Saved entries
// Document 01, "Hand order", its last sentence: what the box answers when it is asked directly about cards.
ghost use Rattle.std.specs.Prelude.{◌≡◌};
ghost use Rattle.cards.specs.Reading.{any_above, any_outside, is_among, any_twice, least_card, number_of, code_of_reading, reading_of, code_asked};

use crate::{Hand, best_hand};

// Why the box names no hand of the cards that it is asked about.
#[derive(Clone, Copy, Debug, PartialEq, Eq)]
pub enum NoHand {
    NotSeven,
    NoCard,
    Repeat,
}

impl NoHand {
    // The paper's number for it.
    pub fn number(self) -> u8
        ensures { result ≡ number_of self }
    {
        match self {
            NoHand::NotSeven | NoHand::NoCard => 2,
            NoHand::Repeat => 8,
        }
    }
}

// Whether a card is above 51.
pub fn any_above(cards: &[u8]) -> bool
    ensures { result ≡ any_above cards.now }
{
    cards.iter().any(|c| 51 < *c)
}

// The lowest card of a deck: the 32 cards go from 20 to 51, and of the 52 none is too low.
fn least_card(deck: u32) -> u8
    ensures { result ≡ least_card deck }
{
    if deck == 32 { 20 } else { 0 }
}

// Whether a card is not of the deck.
pub fn any_outside(deck: u32, cards: &[u8]) -> bool
    ensures { result ≡ any_outside deck cards.now }
{
    let least = least_card(deck);
    cards.iter().any(|c| 51 < *c || *c < least)
}

// Whether x is among some cards.
fn is_among(x: u8, cards: &[u8]) -> bool
    ensures { result ≡ is_among x cards.now }
{
    cards.iter().any(|c| x == *c)
}

// Whether a card comes twice.
pub fn any_twice(cards: &[u8]) -> bool
    ensures { result ≡ any_twice cards.now }
{
    for (i, c) in cards.iter().enumerate() {
        if is_among(*c, &cards[i + 1..]) {
            return true;
        }
    }
    false
}

// The best hand of seven cards of the deck: any other number of cards is refused, then a card that is not of the deck, then a card that comes twice.
pub fn read_hand(deck: u32, cards: &[u8]) -> Result<Hand, NoHand>
    ensures { (result ≡ reading_of deck cards.now) × (code_of_reading result ≡ code_asked deck cards.now) }
{
    if cards.len() != 7 {
        return Err(NoHand::NotSeven);
    }
    if any_outside(deck, cards) {
        return Err(NoHand::NoCard);
    }
    if any_twice(cards) {
        return Err(NoHand::Repeat);
    }
    Ok(best_hand(deck, cards))
}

● Action item: The full data must appear again, retyped in every detail.

● Output of the task:
// Document 01, "Hand order", its last sentence: what the box answers when it is asked directly about cards.
ghost use Rattle.std.specs.Prelude.{◌≡◌};
ghost use Rattle.cards.specs.Reading.{any_above, any_outside, is_among, any_twice, least_card, number_of, code_of_reading, reading_of, code_asked};

use crate::{Hand, best_hand};

// Why the box names no hand of the cards that it is asked about.
#[derive(Clone, Copy, Debug, PartialEq, Eq)]
pub enum NoHand {
    NotSeven,
    NoCard,
    Repeat,
}

impl NoHand {
    // The paper's number for it.
    pub fn number(self) -> u8
        ensures { result ≡ number_of self }
    {
        match self {
            NoHand::NotSeven | NoHand::NoCard => 2,
            NoHand::Repeat => 8,
        }
    }
}

// Whether a card is above 51.
pub fn any_above(cards: &[u8]) -> bool
    ensures { result ≡ any_above cards.now }
{
    cards.iter().any(|c| 51 < *c)
}

// The lowest card of a deck: the 32 cards go from 20 to 51, and of the 52 none is too low.
fn least_card(deck: u32) -> u8
    ensures { result ≡ least_card deck }
{
    if deck == 32 { 20 } else { 0 }
}

// Whether a card is not of the deck.
pub fn any_outside(deck: u32, cards: &[u8]) -> bool
    ensures { result ≡ any_outside deck cards.now }
{
    let least = least_card(deck);
    cards.iter().any(|c| 51 < *c || *c < least)
}

// Whether x is among some cards.
fn is_among(x: u8, cards: &[u8]) -> bool
    ensures { result ≡ is_among x cards.now }
{
    cards.iter().any(|c| x == *c)
}

// Whether a card comes twice.
pub fn any_twice(cards: &[u8]) -> bool
    ensures { result ≡ any_twice cards.now }
{
    for (i, c) in cards.iter().enumerate() {
        if is_among(*c, &cards[i + 1..]) {
            return true;
        }
    }
    false
}

// The best hand of seven cards of the deck: any other number of cards is refused, then a card that is not of the deck, then a card that comes twice.
pub fn read_hand(deck: u32, cards: &[u8]) -> Result<Hand, NoHand>
    ensures { (result ≡ reading_of deck cards.now) × (code_of_reading result ≡ code_asked deck cards.now) }
{
    if cards.len() != 7 {
        return Err(NoHand::NotSeven);
    }
    if any_outside(deck, cards) {
        return Err(NoHand::NoCard);
    }
    if any_twice(cards) {
        return Err(NoHand::Repeat);
    }
    Ok(best_hand(deck, cards))
}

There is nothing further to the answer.